General Sir Richard Barrons has laid out his concerns about the defence and security postures adopted by the UK, NATO, and the West more generally, at a time of what he argues is a substantially increased threat to global peace and security.
Recently, Britain’s Sunday Times published an interview with General Sir Richard Barrons, formerly head of the UK’s Joint Forces Command. Interviewed by correspondent Christina Lamb, General Sir Richard built on a proposition he has labelled ‘Warfare in the Information Age’, spelling out the nature of the new challenges that confront the West. Whether Daesh in Syria and Iraq, or Russia in the Crimea and eastern Ukraine, our adversaries and those who might choose to become so believe that the very rules of war have changed. Western military interventions at the beginning of the 21st century provided an opportunity for those who wished to gain insights into the Western military system and to develop their own approaches and capabilities so that they could undermine what had been the West’s clear post-Cold War military advantage.
Whilst some US officials have been quick to point out the risks associated with the reliance on digital networks, even referring to the threat of a ‘cyber Pearl Harbour’, General Barrons is one of the first senior military figures in the UK to speak so stridently on the subject. He explicitly highlights that a future adversary would start with attacks on key infrastructure, including power, water, the banking system and food distribution, aimed at bringing normal life to a halt, and he describes this as a ‘new Blitzkrieg’. To counter this sort of challenge, he emphasises the historical importance of civilians, not just armed forces, as key to delivering the scale of response necessary.
General Barrons argues that the threats confronting the West and the context of the Information Age means that the UK, and the West more generally, needs to take the commitment to defence much more seriously. Whilst he advocates for increases in defence spending across NATO, he is equally concerned that the money is spent on the right things, adequate to fight future conflicts. He draws a compelling parallel with the interwar years of the 1920s and 1930s in the UK, a time when the public and politicians were tired of war and there were significant stresses on the economy. However, he emphasises how at that time the need for a programme of rearmament to allow Britain to at least begin building modern tanks, fighters and warships, such that it could hold its own in the early days of the Second World War, was compellingly argued by key thinkers.
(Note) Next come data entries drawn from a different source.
//! What threads put into the globals before all of them run, and take out of them.

ghost use Rattle.std.specs.Prelude.{⊤, IfSome, IfNone};
ghost use Rattle.brc_count.specs.Frames.{IsUnlocked};
ghost use Rattle.brc_count.specs.Owned.{Keeps, Gains};

use crate::containers::{Adding, Kind, Objects, Spot, put_in};
use crate::lives::{Asked, FOREIGN};
use crate::operations::{Integers, On, Operation};
use crate::request::Case;
use brc_count::biased::HasTable;
use brc_count::{Frame, Handle};
use brc_loops::{Source, Task, repeat};
use brc_things::dict_del;
use brc_words::{GLOBALS, Key};
use std::alloc::Allocator;
use std::sync::Wait;

/// The first of the keys under which the thread of this number puts integers of its own into the globals.
pub fn first_key(thread: u32) -> u32 {
    thread.saturating_mul(1_000)
}

/// What a thread puts into the globals before the others run.
#[derive(Clone, Copy)]
enum Gift {
    Nothing,
    /// So many integers.
    Integers(u32),
    /// So many references to one object.
    References(Kind, u32),
}

/// What the thread of this number, from 0, gives.
fn gift_of(asked: Asked, number: u64) -> Gift {
    if asked.idle {
        return Gift::Integers(FOREIGN);
    }
    if number > 0 {
        return Gift::Nothing;
    }
    match asked.case {
        Case::PairShared => Gift::References(Kind::Int, asked.threads),
        Case::ListShared => Gift::References(Kind::List, asked.threads),
        Case::Mail | Case::MailValue => Gift::References(Kind::Mailbox, asked.threads),
        _ => Gift::Nothing,
    }
}

/// An integer of the thread's own goes into the globals, under the next key from the first one on.
#[derive(Drop)]
struct GiveInteger<'r, R, A> {
    rt: &'r R,
    alloc: A,
    first: u32,
}

impl<'r, R: Wait, H: HasTable<A>, A: Allocator + Copy> Operation<H, A> for GiveInteger<'r, R, A> {
    fn run_on(&self, frame: &mut Frame<H, A>, globals: &Handle<A>, before: u64) -> Option<()> {
        let integer = Integers { alloc: self.alloc }.next(frame, before)?;
        let key = Key::Int(self.first as i64 + (before % 65_536) as i64);
        put_in(self.rt, frame, globals, Spot::Beside(key), integer)
    }
}

/// The gift goes into the globals; it fails where a reference can't be had or is refused.
#[derive(Drop)]
struct Give<'r, R, A> {
    rt: &'r R,
    alloc: A,
    gift: Gift,
}

impl<'r, R: Wait, H: HasTable<A>, A: Allocator + Copy> Operation<H, A> for Give<'r, R, A> {
    fn run_on(&self, frame: &mut Frame<H, A>, globals: &Handle<A>, before: u64) -> Option<()> {
        let rt = self.rt;
        let alloc = self.alloc;
        match self.gift {
            Gift::Nothing => Some(()),
            Gift::Integers(count) => {
                let first = first_key(frame.thread());
                let give = GiveInteger { rt, alloc, first };
                repeat(&On(globals, give), frame, count as u64)
            }
            Gift::References(kind, count) => {
                let value = Objects { alloc, kind }.next(frame, before)?;
                let adding = Adding {
                    rt,
                    kind: Kind::Globals,
                    container: globals,
                    value: &value,
                };
                let given = repeat(&adding, frame, count as u64);
                frame.release(value);
                given
            }
        }
    }
}

/// What a thread gives, after so many threads before it.
#[derive(Drop)]
pub struct Giving<'r, R, A> {
    pub rt: &'r R,
    pub alloc: A,
    pub asked: Asked,
}

impl<'r, R: Wait, H: HasTable<A>, A: Allocator + Copy> Task<H, A> for Giving<'r, R, A> {
    ghost ready = { λ _ _. ⊤ };

    ghost stays = { λ _ _ _ _ ready. ready };

    fn run(&self, frame: &mut Frame<H, A>, before: u64) -> Option<()> {
        let globals = frame.immortal(GLOBALS).ok()?;
        let give = Give {
            rt: self.rt,
            alloc: self.alloc,
            gift: gift_of(self.asked, before),
        };
        let given = give.run_on(frame, &globals, before);
        frame.release(globals);
        given
    }
}

/// The reference that is in the globals under this key, taken out of them; None where it can't be had.
pub fn take_from_globals<R: Wait, H: HasTable<A>, A: Allocator>(
    rt: &R,
    frame: &mut Frame<H, A>,
    key: i64,
) -> Option<Handle<A>>
    requires unlocked { IsUnlocked frame.old }
    ensures gains { IfSome result (Gains frame.old frame.new) }
    ensures keeps { IfNone result (Keeps frame.old frame.new) }
    ensures unlocked { IsUnlocked frame.new }
{
    let globals = frame.immortal(GLOBALS).ok()?;
    match dict_del(rt, frame, &globals, &Key::Int(key)) {
        Ok(handle) => {
            frame.release(globals);
            Some(handle)
        }
        Err(_) => {
            frame.release(globals);
            None
        }
    }
}
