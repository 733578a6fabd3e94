//! The lines that the program answers.

use crate::lives::CELLS;

/// What an operation is.
#[derive(Clone, Copy)]
pub enum Case {
    /// A retain and a release of one integer of the thread's own.
    PairOwn,
    /// The same of eight integers in turn.
    PairOwn8,
    /// The same of 256 integers in turn, which the threads made at the same time.
    PairOwn256,
    /// The same of one integer that all threads hold, with a poll at each 256th.
    PairShared,
    /// The same of 64 integers in turn, whose owner is idle.
    PairForeign,
    /// An integer is made and released, and taken apart.
    NewInt,
    /// A text of sixteen bytes is.
    NewText16,
    /// A list of ten references to one integer is.
    NewList10,
    /// The same as `NewInt`, each thread in a part of the heap of its own.
    NewIntApart,
    /// The same as `NewText16`, each so.
    NewText16Apart,
    /// The same as `NewList10`, each so.
    NewList10Apart,
    /// A push to a list of the thread's own, and a pop.
    List,
    /// The same of one list that all threads hold.
    ListShared,
    /// A put into a dictionary of the thread's own of 256 integer keys, and a find.
    Dict,
    /// The same of 4 keys.
    Dict4,
    /// A find beside the integer key of a dictionary of the thread's own, which has a text key too, and a release.
    FindInt,
    /// The same beside the text key.
    FindText,
    /// A send of a new integer by each of two threads, and its receiving by a third.
    Mail,
    /// As `List`, of a scalar.
    ListValue,
    /// As `List`, of a reference with a label.
    ListLabel,
    /// A look at an entry of a list of ten scalars.
    GetValue,
    /// A scalar goes into an entry of such a list.
    SetValue,
    /// As `Dict`, of scalars.
    DictValue,
    /// As `FindInt`, of a scalar.
    FindIntValue,
    /// As `FindText`, of a scalar.
    FindTextValue,
    /// As `Mail`, of scalars.
    MailValue,
    /// One of so many lists, of which each holds the next, is taken apart.
    Chain,
    /// Such a chain is made.
    MakeChain,
    /// The same, where each claim begins near the last one.
    MakeChainNear,
    /// One of so many entries of a list is released.
    Wide,
    /// An integer is made and released, and taken apart, in a heap that has 16 free cells.
    ClaimFull,
    /// The same, where each claim begins near the last one.
    ClaimFullNear,
    /// A thread is registered, puts so many integers into the globals of a heap of so many cells, leaves and is gathered.
    ThreadLife { objects: u32, cells: u32 },
    /// A thread leaves that owns so many integers, which the globals hold.
    Leave { objects: u32 },
}

/// The least heap, which has 246 cells for objects.
const FEW_CELLS: u32 = 512;

/// The names of the cases.
pub const CASES: &str =
    "pair_own pair_own8 pair_own256 pair_shared pair_foreign new_int new_text16 new_list10 new_int_apart new_text16_apart new_list10_apart list list_shared dict dict4 find_int find_text mail list_value list_label get_value set_value dict_value find_int_value find_text_value mail_value chain make_chain make_chain_near wide claim_full claim_full_near thread_life0 thread_life1 thread_life200 thread_life0_large thread_life1_large thread_life1000_large leave10000";

/// What a line asks for.
#[derive(Clone, Copy)]
pub enum Request {
    /// The names of the cases.
    List,
    /// The time of so many operations of each thread.
    Run { case: Case, threads: u32, n: u64 },
    /// What all threads together have made and given back after such a run.
    Count { case: Case, threads: u32, n: u64 },
}

/// The life of a thread that shares so many integers, in a heap of so many cells.
fn life(objects: u32, cells: u32) -> Option<Case> {
    Some(Case::ThreadLife { objects, cells })
}

/// The case of this name.
fn case_of(name: &str) -> Option<Case> {
    match name {
        "pair_own" => Some(Case::PairOwn),
        "pair_own8" => Some(Case::PairOwn8),
        "pair_own256" => Some(Case::PairOwn256),
        "pair_shared" => Some(Case::PairShared),
        "pair_foreign" => Some(Case::PairForeign),
        "new_int" => Some(Case::NewInt),
        "new_text16" => Some(Case::NewText16),
        "new_list10" => Some(Case::NewList10),
        "new_int_apart" => Some(Case::NewIntApart),
        "new_text16_apart" => Some(Case::NewText16Apart),
        "new_list10_apart" => Some(Case::NewList10Apart),
        "list" => Some(Case::List),
        "list_shared" => Some(Case::ListShared),
        "dict" => Some(Case::Dict),
        "dict4" => Some(Case::Dict4),
        "find_int" => Some(Case::FindInt),
        "find_text" => Some(Case::FindText),
        "mail" => Some(Case::Mail),
        "list_value" => Some(Case::ListValue),
        "list_label" => Some(Case::ListLabel),
        "get_value" => Some(Case::GetValue),
        "set_value" => Some(Case::SetValue),
        "dict_value" => Some(Case::DictValue),
        "find_int_value" => Some(Case::FindIntValue),
        "find_text_value" => Some(Case::FindTextValue),
        "mail_value" => Some(Case::MailValue),
        "chain" => Some(Case::Chain),
        "make_chain" => Some(Case::MakeChain),
        "make_chain_near" => Some(Case::MakeChainNear),
        "wide" => Some(Case::Wide),
        "claim_full" => Some(Case::ClaimFull),
        "claim_full_near" => Some(Case::ClaimFullNear),
        "thread_life0" => life(0, FEW_CELLS),
        "thread_life1" => life(1, FEW_CELLS),
        "thread_life200" => life(200, FEW_CELLS),
        "thread_life0_large" => life(0, CELLS),
        "thread_life1_large" => life(1, CELLS),
        "thread_life1000_large" => life(1_000, CELLS),
        "leave10000" => Some(Case::Leave { objects: 10_000 }),
        _ => None,
    }
}

/// Reads a line: `list`, or `run` or `count` with a case, how many threads, and how many operations of each.
pub fn read_request(line: &str) -> Option<Request> {
    let mut words = line.split_whitespace();
    let verb = words.next()?;
    if verb == "list" {
        return Some(Request::List);
    }
    let case = case_of(words.next()?)?;
    let threads = words.next()?.parse::<u32>().ok()?;
    let n = words.next()?.parse::<u64>().ok()?;
    match verb {
        "run" => Some(Request::Run { case, threads, n }),
        "count" => Some(Request::Count { case, threads, n }),
        _ => None,
    }
}
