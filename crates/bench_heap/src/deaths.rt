//! One object's life: a chain of lists, of which each holds the next, or one long list is made, released, and taken
//! apart to the end.

ghost use Rattle.std.specs.Prelude.{⊤};
ghost use Rattle.brc_count.specs.Frames.{IsUnlocked};
ghost use Rattle.brc_count.specs.Owned.{Keeps};

use crate::containers::{Spot, put_in};
use crate::timing::{Moment, Span, refused, this_moment};
use brc_count::biased::HasTable;
use brc_count::{Frame, Handle};
use brc_loops::{Passing, Source, pass_on};
use brc_things::new_list;
use brc_words::MOST_PLACES;
use std::alloc::Allocator;
use std::io;
use std::rt::Clock;
use std::sync::Wait;
use std::time::CpuClock;

/// A chain, which goes into a new list at each turn.
struct Linking<'r, R, A: Allocator> {
    rt: &'r R,
    alloc: A,
    chain: Handle<A>,
}

impl<'r, R: Wait, H: HasTable<A>, A: Allocator + Copy> Passing<H, A> for Linking<'r, R, A> {
    ghost held = { λ it. it.chain };

    ghost ready = { λ _ _. ⊤ };

    #[inline(always)]
    fn pass(self, frame: &mut Frame<H, A>, _before: u64) -> Option<Self> {
        let Linking { rt, alloc, chain } = self;
        let Ok(list) = new_list(alloc, frame) else {
            frame.release(chain);
            return None;
        };
        if put_in(rt, frame, &list, Spot::End, chain).is_none() {
            frame.release(list);
            return None;
        }
        Some(Linking {
            rt,
            alloc,
            chain: list,
        })
    }
}

/// Chains of so many lists, or of one where that is 0.
#[derive(Drop)]
pub struct Chains<'r, R, A> {
    pub rt: &'r R,
    pub alloc: A,
    pub count: u64,
}

impl<'r, R: Wait, H: HasTable<A>, A: Allocator + Copy> Source<H, A> for Chains<'r, R, A> {
    #[tactic(auto, using(crate::proofs::Chained::chained_gains, crate::proofs::Chained::chained_keeps))]
    fn next(&self, frame: &mut Frame<H, A>, _before: u64) -> Option<Handle<A>> {
        let rt = self.rt;
        let alloc = self.alloc;
        let chain = new_list(alloc, frame).ok()?;
        let linking = Linking { rt, alloc, chain };
        let Linking {
            rt: _rt,
            alloc: _alloc,
            chain,
        } = pass_on(linking, frame, self.count.saturating_sub(1))?;
        // (a place of the frame, but no clause of a trade says so)
        if chain.place() < MOST_PLACES {
            return Some(chain);
        }
        frame.release(chain);
        None
    }
}

/// When the making of an object began, when the object stood, and when nothing was left to take apart of it.
#[derive(Clone, Copy)]
pub struct Life {
    pub began: Moment,
    pub stood: Moment,
    pub gone: Moment,
}

impl Life {
    /// The object's making.
    pub fn making(self) -> Span {
        Span {
            began: self.began,
            ended: self.stood,
        }
    }

    /// Its release, and all that is taken apart after it.
    pub fn end(self) -> Span {
        Span {
            began: self.stood,
            ended: self.gone,
        }
    }
}

/// The life of the source's next object; or why it can't be had.
pub fn life_of<S: Source<H, A>, R: Clock + CpuClock, H: HasTable<A>, A: Allocator>(
    rt: &R,
    source: &S,
    frame: &mut Frame<H, A>,
) -> io::Result<Life>
    requires unlocked { IsUnlocked frame.old }
    ensures keeps { Keeps frame.old frame.new }
    ensures unlocked { IsUnlocked frame.new }
{
    let began = this_moment(rt);
    let made = source.next(frame, 0);
    let stood = this_moment(rt);
    let Some(object) = made else {
        return Err(refused());
    };
    frame.release(object);
    frame.work(1 << 30);
    let gone = this_moment(rt);
    Ok(Life {
        began: began?,
        stood: stood?,
        gone: gone?,
    })
}
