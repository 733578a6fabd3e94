//! Threads that come and go, one after the other: each is registered, puts integers into the globals, leaves while they
//! live there, and is gathered. The next one puts its own in their place.

ghost use Rattle.std.specs.Prelude.{◌≡◌};
ghost use Rattle.brc_count.specs.Frames.{IsUnlocked};
ghost use Rattle.brc_count.specs.Owned.{Keeps};

use crate::operations::{Integers, On, Operation};
use crate::timing::{Span, Times, refused, this_moment};
use brc_count::biased::HasTable;
use brc_count::{Frame, Handle};
use brc_loops::{Source, repeat};
use brc_things::dict_put;
use brc_thread::{Heap, Root};
use brc_words::{GLOBALS, Key};
use std::alloc::{Allocator, Global};
use std::io;
use std::rt::Clock;
use std::sync::Wait;
use std::time::CpuClock;

/// An integer of the thread's own goes into the globals in place of the one that is there under the next key, which is
/// taken apart.
#[derive(Drop)]
struct Replace<'r, R, A> {
    rt: &'r R,
    alloc: A,
}

impl<'r, R: Wait, H: HasTable<A>, A: Allocator + Copy> Operation<H, A> for Replace<'r, R, A> {
    fn run_on(&self, frame: &mut Frame<H, A>, globals: &Handle<A>, before: u64) -> Option<()> {
        let integer = Integers { alloc: self.alloc }.next(frame, before)?;
        let key = Key::Int((before % 65_536) as i64);
        match dict_put(self.rt, frame, globals, key, integer) {
            Ok(None) => Some(()),
            Ok(Some(other)) => {
                frame.release(other);
                frame.work(1);
                Some(())
            }
            Err(handed) => {
                frame.release(handed.value.1);
                None
            }
        }
    }
}

/// So many integers of the thread's own go into the globals; None where one can't be had or is refused.
fn shares<R: Wait, H: HasTable<A>, A: Allocator + Copy>(
    rt: &R,
    alloc: A,
    frame: &mut Frame<H, A>,
    objects: u32,
) -> Option<()>
    requires unlocked { IsUnlocked frame.old }
    ensures keeps { Keeps frame.old frame.new }
    ensures unlocked { IsUnlocked frame.new }
{
    let globals = frame.immortal(GLOBALS).ok()?;
    let replace = Replace { rt, alloc };
    let shared = repeat(&On(&globals, replace), frame, objects as u64);
    frame.release(globals);
    shared
}

/// One thread's life, from its registration until it is gathered; None where something was refused.
fn lives<R: Wait>(
    rt: &R,
    alloc: Global,
    heap: &Heap<Global>,
    root: &mut Root<Global>,
    objects: u32,
) -> Option<()>
    requires heap { root.old.table ≡ heap.now.table }
    ensures root { root.new.table ≡ root.old.table }
{
    let mut mutator = root.register(alloc, heap).ok()?;
    let shared = shares(rt, alloc, mutator.frame(), objects);
    let _ledger = mutator.settle_and_join(rt, root, heap);
    shared
}

/// The same: when its leaving began and ended. By then it has no dead block, and others have asked it for nothing.
fn leaves<R: Wait + Clock + CpuClock>(
    rt: &R,
    alloc: Global,
    heap: &Heap<Global>,
    root: &mut Root<Global>,
    objects: u32,
) -> io::Result<Span>
    requires heap { root.old.table ≡ heap.now.table }
    ensures root { root.new.table ≡ root.old.table }
{
    let Ok(mut mutator) = root.register(alloc, heap) else {
        return Err(refused());
    };
    let shared = shares(rt, alloc, mutator.frame(), objects);
    mutator.settle(rt);
    let began = this_moment(rt);
    let left = mutator.leave();
    let ended = this_moment(rt);
    match left {
        Ok(leaving) => root.gather(heap, leaving.finish_all(rt)),
        Err(_mutator) => unreachable!(),
    }
    if shared.is_none() {
        return Err(refused());
    }
    Ok(Span {
        began: began?,
        ended: ended?,
    })
}

/// So many lives, one after the other; None where something was refused in one.
fn live_in_turn<R: Wait>(
    rt: &R,
    alloc: Global,
    heap: &Heap<Global>,
    root: &mut Root<Global>,
    objects: u32,
    n: u64,
) -> Option<()>
    requires heap { root.old.table ≡ heap.now.table }
    ensures root { root.new.table ≡ root.old.table }
{
    for _ in 0..n {
        lives(rt, alloc, heap, root, objects)?;
    }
    Some(())
}

/// The same of so many lives: the times of their leaving, added.
fn leave_in_turn<R: Wait + Clock + CpuClock>(
    rt: &R,
    alloc: Global,
    heap: &Heap<Global>,
    root: &mut Root<Global>,
    objects: u32,
    n: u64,
) -> io::Result<Times>
    requires heap { root.old.table ≡ heap.now.table }
    ensures root { root.new.table ≡ root.old.table }
{
    let mut times = Times::NONE;
    for _ in 0..n {
        times = times.and(leaves(rt, alloc, heap, root, objects)?);
    }
    Ok(times)
}

/// What is timed.
#[derive(Clone, Copy)]
pub enum Timing {
    /// Whole lives.
    Lives,
    /// The leaving alone.
    Leaving,
}

/// So many lives, in each of which a thread shares so many objects: the times.
pub fn times_of_lives<R: Wait + Clock + CpuClock>(
    rt: &R,
    alloc: Global,
    heap: &Heap<Global>,
    root: &mut Root<Global>,
    timing: Timing,
    objects: u32,
    n: u64,
) -> io::Result<Times>
    requires heap { root.old.table ≡ heap.now.table }
    ensures root { root.new.table ≡ root.old.table }
{
    match timing {
        Timing::Lives => {
            let began = this_moment(rt)?;
            let lived = live_in_turn(rt, alloc, heap, root, objects, n);
            let ended = this_moment(rt)?;
            if lived.is_none() {
                return Err(refused());
            }
            Ok(Times::NONE.and(Span { began, ended }))
        }
        Timing::Leaving => leave_in_turn(rt, alloc, heap, root, objects, n),
    }
}

/// One thread more clears the globals, and is gathered; None where it couldn't.
pub fn clears<R: Wait>(
    rt: &R,
    alloc: Global,
    heap: &Heap<Global>,
    root: &mut Root<Global>,
) -> Option<()>
    requires heap { root.old.table ≡ heap.now.table }
    ensures root { root.new.table ≡ root.old.table }
{
    let mut mutator = root.register(alloc, heap).ok()?;
    let cleared = mutator.clear_globals();
    let _ledger = mutator.settle_and_join(rt, root, heap);
    cleared.ok()
}
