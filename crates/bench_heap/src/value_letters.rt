//! A mailbox by value: two threads send scalars, and a third receives them.

ghost use Rattle.std.specs.Prelude.{◌≢◌};
ghost use Rattle.brc_count.specs.Frames.{Owns};

use crate::letters::{Post, wait_for_room};
use crate::operations::Operation;
use crate::values::{let_go, noted};
use brc_count::biased::HasTable;
use brc_count::{Frame, Handle};
use brc_loops::{Awaited, Look, Task, repeat, wait_for};
use brc_things::{Value, none, recv_value, send_value};
use brc_words::Fault;
use std::alloc::Allocator;
use std::sync::Wait;
use std::sync::atomic::Ordering;

/// A scalar is sent; it fails where it is refused, or another thread gave up.
#[derive(Drop)]
struct SendOne<'h, R, A: Allocator> {
    rt: &'h R,
    post: &'h Post,
    mailbox: &'h Handle<A>,
    none: &'h Handle<A>,
}

impl<'h, R: Wait, H: HasTable<A>, A: Allocator> Task<H, A> for SendOne<'h, R, A> {
    ghost ready = { λ it frame. Owns frame it.mailbox.now × Owns frame it.none.now
        × (it.mailbox.now.place ≢ it.none.now.place) };

    ghost stays = { λ it old new keeps owned.
        (keeps.owns it.mailbox.now owned.0, keeps.owns it.none.now owned.1, owned.2) };

    #[inline(always)]
    fn run(&self, frame: &mut Frame<H, A>, before: u64) -> Option<()> {
        wait_for_room(self.rt, frame, self.post, before)?;
        if frame.cell(self.none) != 0 {
            return None;
        }
        let letter = Value::Scalar(noted(before));
        if let Err(handed) = send_value(self.rt, frame, self.none, self.mailbox, letter) {
            let_go(frame, handed.value);
            return None;
        }
        frame.poll();
        frame.work(8);
        Some(())
    }
}

/// So many scalars are sent.
#[derive(Drop)]
pub struct SendValues<'r, R> {
    pub rt: &'r R,
    pub post: &'r Post,
    pub n: u64,
}

impl<'r, R: Wait, H: HasTable<A>, A: Allocator> Operation<H, A> for SendValues<'r, R> {
    fn run_on(&self, frame: &mut Frame<H, A>, mailbox: &Handle<A>, _before: u64) -> Option<()> {
        let none = none(frame).ok()?;
        let task = SendOne {
            rt: self.rt,
            post: self.post,
            mailbox,
            none: &none,
        };
        let sent = repeat(&task, frame, self.n);
        frame.release(none);
        sent
    }
}

/// A letter is there, is received and let go of. None will be where a call is refused, or another thread gave up.
#[derive(Drop)]
struct Letter<'h, R, A: Allocator> {
    rt: &'h R,
    mailbox: &'h Handle<A>,
    post: &'h Post,
}

impl<'h, R: Wait, H: HasTable<A>, A: Allocator> Awaited<H, A> for Letter<'h, R, A> {
    ghost ready = { λ letter frame. Owns frame letter.mailbox.now };

    ghost stays = { λ letter old new keeps owned. keeps.owns letter.mailbox.now owned };

    #[inline(always)]
    fn look(&self, frame: &mut Frame<H, A>) -> Look {
        match recv_value(self.rt, frame, self.mailbox) {
            Ok(letter) => {
                let_go(frame, letter);
                frame.work(8);
                Look::Done
            }
            Err(Fault::NoSuchPlace) => {
                if self.post.is_given_up.load(Ordering::Relaxed) {
                    return Look::GivenUp;
                }
                Look::NotYet
            }
            Err(_) => Look::GivenUp,
        }
    }
}

/// A letter is received by value, once one is there.
#[derive(Drop)]
pub struct ReceiveValue<'r, R> {
    pub rt: &'r R,
    pub post: &'r Post,
}

impl<'r, R: Wait, H: HasTable<A>, A: Allocator> Operation<H, A> for ReceiveValue<'r, R> {
    #[inline(always)]
    fn run_on(&self, frame: &mut Frame<H, A>, mailbox: &Handle<A>, before: u64) -> Option<()> {
        self.post.tell(before);
        let letter = Letter {
            rt: self.rt,
            mailbox,
            post: self.post,
        };
        wait_for(self.rt, &letter, frame)
    }
}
Thus, he argues that the UK and the West today need to be able to respond to the threat through cyberspace of attacks directed primarily at the civilian population by targeting the infrastructure on which modern society relies. It is not about building ‘giant forces’, he says, but rather having the ability to counter the sort of problems that are more typical of the Information Age.
General Barrons leaves the formal employment of the UK government in the next few weeks. In the interview, Christina Lamb highlights that he ‘is not a person to talk to if you want to sleep easy’. He continues to challenge the establishment to change the way in which it thinks about 21st-century conflict and the sort of capabilities that are needed to confront it. Whether using the broader capacity in the private sector to counter cyber- threats through the Reserves or perhaps funding a ballistic missile defence capability, he advocates a fresh way of thinking about defence. It is of note that while the communiqué from NATO’s July Warsaw Summit highlighted many of these challenges, the responses were very much of a traditional form.
Given his background in Joint Forces Command, General Barrons’ new thinking about defence should not be ignored. Perhaps, inevitably in a short interview, the article is light on detail as to what this thinking should look like. The task, therefore, remains to establish what the concept of Warfare in the Information Age looks like in a very practical sense. And, perhaps even more importantly, there is a need to assess whether it resonates with policy-makers in the UK and, more broadly, in the West.